Help here would be appreciated.
The FinalityFlow is mainly responsible for ensuring transactions are notarized, distributed accordingly and persisted to local vaults.
In previous versions of Corda, all nodes would by default accept incoming requests for finality.
From V4 onwards, you're required to write a ReceiveFinalityFlow to write your own processing logic before finality.
The way finality currently runs in Corda is the initiating node, as an intermediate step during finality, distributes notarised transaction to all other participants.
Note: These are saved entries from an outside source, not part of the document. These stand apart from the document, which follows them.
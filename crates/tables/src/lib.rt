// The jumps, computed: one by one for the questions, and those of all readings as tables that a search builds once.
// Points and positions count from 0.
#![tactic(auto)]

mod filling;
mod points;
mod seeking;
mod single;

pub use filling::table_of;
pub use points::Points;
pub use seeking::least;
pub use single::{jump_at, last_jump, last_table, next_jump, next_table, seen_jump, seen_table};
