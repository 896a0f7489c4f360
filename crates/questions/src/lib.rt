// The questions: each tests what is turned away, and then asks its rule for a jump. The one about a window stands in `judging`, and is passed on.
#![tactic(auto)]

ghost use Rattle.std.specs.Prelude.{◌≡◌, ◌-◌, length};
ghost use Rattle.fit.specs.Place.{fit_of, d_of};
ghost use Rattle.fit.specs.Refusal.{question_refusal};
ghost use Rattle.fit.specs.Refused.{Gives, refusal_of};
ghost use Rattle.jumps.specs.Jumps.{last_jump, next_jump, seen_jump, after_jump, mismatch_jump, full_jump};
ghost use Rattle.questions.specs.Asking.{Compiles, jump_of, jump_answer, of_point, mismatch_refusal};

use fit::Refusal;
pub use judging::{FlatVerdict, check, told};
use spans::Spans;
use tables::Points;

// The answer for C, which has no enum: refused, the number of the refusal and a jump of 0; else 0 and the jump.
#[repr(C)]
#[derive(Clone, Copy, Debug, Default, PartialEq, Eq)]
pub struct Jump {
    pub refusal: u32,
    pub jump: usize,
}

impl From<Result<usize, Refusal>> for Jump {
    ghost use Rattle.std.specs.Prelude.{◌≡◌};
    ghost use Rattle.questions.specs.Asking.{jump_of};

    ghost from_gives = { λ answer r. r ≡ jump_of answer };

    fn from(answer: Result<usize, Refusal>) -> Jump {
        match answer {
            Ok(jump) => Jump { refusal: 0, jump },
            Err(refusal) => Jump {
                refusal: refusal.number(),
                jump: 0,
            },
        }
    }
}

// What the three questions about one reading go by: the spans of the profile. Each is two lines beside this, with a promise of its own; one function
// that is handed the rule would be no plainer.
fn compile(points: &[u8], delta: u32, gamma: u32) -> Result<Spans, Refusal>
    ensures { Gives (question_refusal delta gamma points.now) (Compiles (d_of delta gamma) points.now) result }
{
    let checked = limits::checked_question(points, delta, gamma)?;
    let d = checked.tolerance.d();
    Ok(ordinary::spans_of(&checked.profile, d))
}

// The last-reading jump for reading a.
pub fn last_reading(points: &[u8], delta: u32, gamma: u32, a: u8) -> Result<usize, Refusal>
    ensures { jump_of result ≡ jump_answer (question_refusal delta gamma points.now)
        (last_jump (fit_of (d_of delta gamma) points.now) (length points.now) a) }
{
    let spans = compile(points, delta, gamma)?;
    Ok(tables::last_jump(&spans, a))
}

// The next-reading jump for reading a.
pub fn next_reading(points: &[u8], delta: u32, gamma: u32, a: u8) -> Result<usize, Refusal>
    ensures { jump_of result ≡ jump_answer (question_refusal delta gamma points.now)
        (next_jump (fit_of (d_of delta gamma) points.now) (length points.now) a) }
{
    let spans = compile(points, delta, gamma)?;
    Ok(tables::next_jump(&spans, a))
}

// The jump after a tried window whose last reading is a: the seen-reading jump.
pub fn seen_reading(points: &[u8], delta: u32, gamma: u32, a: u8) -> Result<usize, Refusal>
    ensures { jump_of result ≡ jump_answer (question_refusal delta gamma points.now)
        (seen_jump (fit_of (d_of delta gamma) points.now) (length points.now) a) }
{
    let spans = compile(points, delta, gamma)?;
    Ok(tables::seen_jump(&spans, a))
}

// The after-check jump.
pub fn after_check(points: &[u8], delta: u32, gamma: u32) -> Result<usize, Refusal>
    ensures { jump_of result ≡ jump_answer (question_refusal delta gamma points.now) (after_jump (d_of delta gamma) points.now) }
{
    let checked = limits::checked_question(points, delta, gamma)?;
    let d = checked.tolerance.d();
    Ok(Points { points, d }.after_jump())
}

// The full jump.
pub fn full(points: &[u8], delta: u32, gamma: u32) -> Result<usize, Refusal>
    ensures { jump_of result ≡ jump_answer (question_refusal delta gamma points.now) (full_jump (d_of delta gamma) points.now) }
{
    let checked = limits::checked_question(points, delta, gamma)?;
    let d = checked.tolerance.d();
    Ok(Points { points, d }.full_jump())
}

// The mismatch jump at point number p, from 1 to m.
pub fn mismatch(points: &[u8], delta: u32, gamma: u32, p: usize) -> Result<usize, Refusal>
    ensures { jump_of result ≡ jump_answer (mismatch_refusal delta gamma points.now p) (mismatch_jump (d_of delta gamma) points.now (p - 1)) }
{
    let checked = limits::checked_question(points, delta, gamma)?;
    of_point(points.len(), p)?;
    let d = checked.tolerance.d();
    let compared = comparing::compared_of(&Points { points, d });
    Ok(usize::from(compared.jumps[p - 1]))
}

// Whether there is a point number p.
fn of_point(m: usize, p: usize) -> Result<(), Refusal>
    ensures { refusal_of result ≡ of_point m p }
{
    if p == 0 || m < p {
        return Err(Refusal::OutOfRange);
    }
    Ok(())
}
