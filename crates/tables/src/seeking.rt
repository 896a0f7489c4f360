// The greatest number and the least that pass a test.
ghost use Rattle.std.specs.Prelude.{◌≡◌, ◌+◌, ◌-◌, ◌≤◌, ◌<◌, ℕ, Bool};
ghost use Rattle.jumps.specs.Least.{greatest, least};

// Document 01's number of the greatest of the first n points that passes; 0 if there is none, and no `Option`, since the rules count from it.
pub(crate) fn greatest<F: Fn(usize) -> bool>(n: usize, passes: F) -> usize
    requires { (i : ℕ) → i < n → F.pre passes i }
    ensures same { (test : ℕ → Bool) → ((i : ℕ) (b : Bool) → i < n → F.post passes i b → b ≡ test i) → result ≡ greatest test n }
    ensures at_most_n { result ≤ n }
{
    for i in (0..n).rev() {
        if passes(i) {
            return i + 1;
        }
    }
    0
}

// The least from 1 on that passes; m if none below it does.
pub fn least<F: Fn(usize) -> bool>(m: usize, passes: F) -> usize
    requires some { 1 ≤ m }
    requires callable { (k : ℕ) → k < m → F.pre passes k }
    ensures same { (test : ℕ → Bool) → ((k : ℕ) (b : Bool) → k < m → F.post passes k b → b ≡ test k) → result ≡ least test 1 (m - 1) }
    ensures at_most_m { result ≤ m }
{
    for k in 1..m {
        if passes(k) {
            return k;
        }
    }
    m
}
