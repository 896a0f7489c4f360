// The rules that look at one reading.
ghost use Rattle.std.specs.Prelude.{◌≡◌, ◌+◌, ◌-◌, ◌≤◌, get_or};
ghost use Rattle.fit.specs.Reading.{highest};
ghost use Rattle.fit.specs.Refusal.{max_points};
ghost use Rattle.fit.specs.Spans.{rule_in};
ghost use Rattle.jumps.specs.Least.{greatest};
ghost use Rattle.jumps.specs.Jumps.{last_jump, next_jump, seen_jump};
ghost use Rattle.tables.specs.Holding.{Holds};

use super::{filling, seeking};
use spans::Spans;

// Document 01's number of the greatest of the first n points that reading a suits, that is, is near; 0 if there is none, since the rules count from it.
fn greatest_near(spans: &Spans, n: usize, a: u8) -> usize
    requires { n ≤ max_points }
    ensures { (result ≡ greatest (λ i. (rule_in spans.now.rows).fit i a) n) × (result ≤ n) }
{
    seeking::greatest(n, |i| spans.suits(i, a))
}

// The last-reading jump for reading a.
pub fn last_jump(spans: &Spans, a: u8) -> usize
    ensures { (result ≡ last_jump (rule_in spans.now.rows).fit spans.now.m a) × (result ≤ spans.now.m) }
{
    spans.m - greatest_near(spans, spans.m, a)
}

// The next-reading jump for reading a.
pub fn next_jump(spans: &Spans, a: u8) -> usize
    ensures { (result ≡ next_jump (rule_in spans.now.rows).fit spans.now.m a) × (result ≤ spans.now.m + 1) }
{
    spans.m + 1 - greatest_near(spans, spans.m, a)
}

// The jump after a tried window whose last reading is a.
pub fn seen_jump(spans: &Spans, a: u8) -> usize
    requires { 1 ≤ spans.now.m }
    ensures { (result ≡ seen_jump (rule_in spans.now.rows).fit spans.now.m a) × (result ≤ spans.now.m) }
{
    spans.m - greatest_near(spans, spans.m - 1, a)
}

// For each reading, `top` less document 01's number of the greatest of the first n points that it suits.
fn jump_table(spans: &Spans, n: usize, top: usize) -> [u8; 256]
    requires { (n ≤ max_points) × (n ≤ top) × (top ≤ max_points + 1) }
    ensures { Holds (λ a. top - greatest (λ i. (rule_in spans.now.rows).fit i a) n) 256 256 result }
{
    // a is below 256, and a jump at most 65
    filling::table_of(256, |a| (top - greatest_near(spans, n, a as u8)) as u8)
}

// The entry of reading a.
pub fn jump_at(table: &[u8; 256], a: u8) -> usize
    ensures { (result ≡ get_or table.now a 0) × (result ≤ highest) }
{
    usize::from(table[usize::from(a)])
}

// The jumps after a tried window, for all last readings.
pub fn seen_table(spans: &Spans) -> [u8; 256]
    requires { 1 ≤ spans.now.m }
    ensures { Holds (seen_jump (rule_in spans.now.rows).fit spans.now.m) 256 256 result }
{
    jump_table(spans, spans.m - 1, spans.m)
}

// The last-reading jump for reading a, where `seen` is its jump after a tried window: they differ where a is near the last point, and only there.
fn last_of(spans: &Spans, a: u8, seen: u8) -> u8
    requires { (seen ≡ seen_jump (rule_in spans.now.rows).fit spans.now.m a) × (1 ≤ spans.now.m) }
    ensures { result ≡ last_jump (rule_in spans.now.rows).fit spans.now.m a }
{
    if spans.suits(spans.m - 1, a) {
        return 0;
    }
    seen
}

// The last-reading jumps of all readings, from their jumps after a tried window.
pub fn last_table<'a>(spans: &'a Spans, seen: &'a [u8; 256]) -> [u8; 256]
    requires { Holds (seen_jump (rule_in spans.now.rows).fit spans.now.m) 256 256 seen.now × (1 ≤ spans.now.m) }
    ensures { Holds (last_jump (rule_in spans.now.rows).fit spans.now.m) 256 256 result }
{
    filling::table_of(256, |a| last_of(spans, a as u8, seen[a]))
}

// The next-reading jumps of all readings.
pub fn next_table(spans: &Spans) -> [u8; 256]
    ensures { Holds (next_jump (rule_in spans.now.rows).fit spans.now.m) 256 256 result }
{
    jump_table(spans, spans.m, spans.m + 1)
}
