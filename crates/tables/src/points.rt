// The points of an accepted profile, and the jumps that compare points with points.
ghost use Rattle.std.specs.Prelude.{◌≡◌, ◌<◌, length};
ghost use Rattle.jumps.specs.Jumps.{after_jump, full_at, full_jump};
ghost use Rattle.tables.specs.Holding.{Usable};

use super::seeking;

// The points of an accepted profile, and the d by which readings are near them.
#[derive(Clone, Copy)]
pub struct Points<'a> {
    pub points: &'a [u8],
    pub d: u32,
    pub ghost usable: { Usable d points.now },
}

impl Points<'_> {
    // The after-check jump.
    pub fn after_jump(&self) -> usize
        ensures { result ≡ after_jump self.now.d self.now.points.now }
    {
        let m = self.points.len();
        let last = self.points[m - 1];
        m - seeking::greatest(
            m - 1,
            |i| reading::are_alike(2 * self.d, self.points[i], last),
        )
    }

    // Whether all points that the two windows share are alike.
    fn all_agree(&self, k: usize) -> bool
        requires { k < length self.now.points.now }
        ensures { result ≡ full_at self.now.d self.now.points.now k }
    {
        self.points
            .iter()
            .zip(&self.points[k..])
            .all(|(p, q)| reading::are_alike(2 * self.d, *p, *q))
    }

    // The full jump.
    pub fn full_jump(&self) -> usize
        ensures { result ≡ full_jump self.now.d self.now.points.now }
    {
        seeking::least(self.points.len(), |k| self.all_agree(k))
    }
}
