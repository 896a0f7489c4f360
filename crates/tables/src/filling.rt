// A table, filled by a function of the index.
ghost use Rattle.std.specs.Prelude.{◌≡◌, ◌≤◌, ◌<◌, ℕ};
ghost use Rattle.tables.specs.Holding.{Holds};

// A table whose first m entries hold what `entry` gives for them, and zeros beyond them.
pub fn table_of<const N: usize, F: Fn(usize) -> u8>(m: usize, entry: F) -> [u8; N]
    requires few { m ≤ N }
    requires callable { (i : ℕ) → i < m → F.pre entry i }
    ensures { (f : ℕ → ℕ) → ((i v : ℕ) → i < m → F.post entry i v → v ≡ f i) → Holds f m N result }
{
    let mut table = [0u8; N];
    for i in 0..m {
        table[i] = entry(i);
    }
    table
}
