// What a conversion from a code answers where there is nothing with that code.

/// A code that no kind has.
#[derive(Clone, Copy, PartialEq, Eq, Debug)]
pub struct UnknownCode(pub u8);
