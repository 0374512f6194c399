// What is said of a side, and a value for each side.
ghost use Rattle.std.specs.Prelude.{◌≡◌};
ghost use Rattle.entry.specs.Sides.{better, other_side, of_side, with_side};
ghost use Rattle.std.specs.Borrow.{Lends, sem};
ghost use Rattle.entry.specs.contracts.sides.Sides.{the_row};

use crate::Side;
use std::fmt;

impl Side {
    /// The other side.
    pub fn other(self) -> Side
        ensures answer { result ≡ other_side self }
    {
        match self {
            Side::Buy => Side::Sell,
            Side::Sell => Side::Buy,
        }
    }

    /// Whether a price is better than another: higher for a buy, lower for a sell.
    pub fn betters(self, price: u32, other: u32) -> bool
        ensures answer { result ≡ better self price other }
    {
        match self {
            Side::Buy => price > other,
            Side::Sell => price < other,
        }
    }
}

/// A value for each side.
#[derive(Clone, Copy, PartialEq, Eq, Default, Drop)]
pub struct Sides<T> {
    pub buy: T,
    pub sell: T,
}

/// A kind of value that each side has, and what the values of both sides are called where they are printed for a programmer.
pub trait OfBothSides {
    const NAME: &'static str;
}

impl<T: OfBothSides> OfBothSides for Option<T> {
    const NAME: &'static str = T::NAME;
}

// A derived Debug would call the values of any kind `Sides`.
impl<T: fmt::Debug + OfBothSides> fmt::Debug for Sides<T> {
    fn fmt<W: fmt::Write>(&self, f: &mut fmt::Formatter<W>) -> fmt::Result {
        f.debug_struct(T::NAME)
            .field("buy", &self.buy)
            .field("sell", &self.sell)
            .finish()
    }
}

impl<T> Sides<T> {
    /// The value of a side.
    pub fn of(&self, side: Side) -> &T
        ensures answer { result.now ≡ of_side self.now side }
    {
        match side {
            Side::Buy => &self.buy,
            Side::Sell => &self.sell,
        }
    }

    /// The value of a side, to be changed.
    pub fn of_mut(&mut self, side: Side) -> &mut T
        ensures* writes_back { sem 𝓛 (Lends (the_row T.row) T.row self.entry result (with_side self.old side)) }
        ensures answer { result.now ≡ of_side self.old side }
    {
        match side {
            Side::Buy => &mut self.buy,
            Side::Sell => &mut self.sell,
        }
    }
}

impl<T: Copy> Sides<T> {
    /// The values with another one for a side.
    pub fn with(mut self, side: Side, value: T) -> Self
        ensures answer { result ≡ with_side self side value }
    {
        match side {
            Side::Buy => self.buy = value,
            Side::Sell => self.sell = value,
        }
        self
    }
}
Each of the participating nodes it sends to will only expect to receive a session from this node.
So where you might submit multiple sessions to the initiating FinalityFlow to include all the participants, the responding nodes will only ever receive just the one session from the initiator.
In the future, we may look at having the Notary distribute the notarized transaction to all participants, but even then, the ReceiveFinalityFlow would still only expect one session, this time from the Notary.